Actually, Nick, I think "very slim" is overly generous for all three of us.
That previous statistic of roughly 1 in 200 FIDE rated players doesn't tell the whole story because we have additional information and we can use something called Bayes Law or Bayes Theorem to use this additional information to get a more accurate estimate of the likelihood of Soheil becoming a GM. We could do the same for you or more but because we are much older our chances won't be higher than Soheil's.
Bayes Law looks like this:
P(B¦A) = P(A¦B) x P(B) / P(A).
P(B¦A) means the probability of B happening given that we know A is true. P(A) means the probability of A happening, etc.
Now, we know from his FIDE profile that Soheil is 31 or 32 years old and has a highest ever rating of 1830, so the probability we want to calculate is P(B¦A) which is the probability of Soheil becoming a grandmaster given that he is 31 or 32 years old and has a highest ever rating of 1830.

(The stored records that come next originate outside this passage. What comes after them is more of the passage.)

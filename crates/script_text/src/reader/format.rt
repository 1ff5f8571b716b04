//! The rows of the format: which members the header and each other line have, of which kinds and in which ranges.

pub(crate) mod form;
pub(crate) mod member;
pub(crate) mod member_kind;
pub(crate) mod name;
pub(crate) mod row;
pub(crate) mod shape;
pub(crate) mod sizes;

So, we need to calculate the following:
P(A¦B), which is the probability of having had a highest ever rating of 1830 at the age of 31 or 32 and then going on to become a grandmaster
P(A) = the probability of having had a highest ever rating of 1830 at the age of 31 or 32
P(B) = the probability of becoming a grandmaster.
We've previously estimated the chances of becoming a grandmaster as 1/200 which is 0.005
We can estimate the probability of having had a highest ever rating of 1830 at the age of 31 or 32 as being the number of players having had a highest ever rating of 1830 at the age of 31 or 32 divided by the total number of players. If we had all the FIDE rating information in our own database we could get a pretty good figure for this but in the meantime let's estimate about 1/2 or 0.5
So, we have P(A) = 0.5 and P(B) = 0.005 which means that P(B) / P(A) = 0.01 and we've already seen a jump from 1 in 200 to 1 in 100. However now we come to the fly in the ointment. We still have to multiply by P(A¦B) and this is bound to be less than 1.
Does anybody know of a grandmaster who had a highest ever rating of 1830 at the age of 31 or 32? No? Me neither. That gives us an estimate of zero for P(A¦B).
This gives:
P(A¦B) x P(B) / P(A) = 0 x 0.005 / 0.5 = 0
So, there you have it. The statistical likelihood of Soheil (or you, Nick, or me) becoming a grandmaster is zero.
Still, as Robert Browning said "Ah, but a man's reach should exceed his grasp, or what's a heaven for?"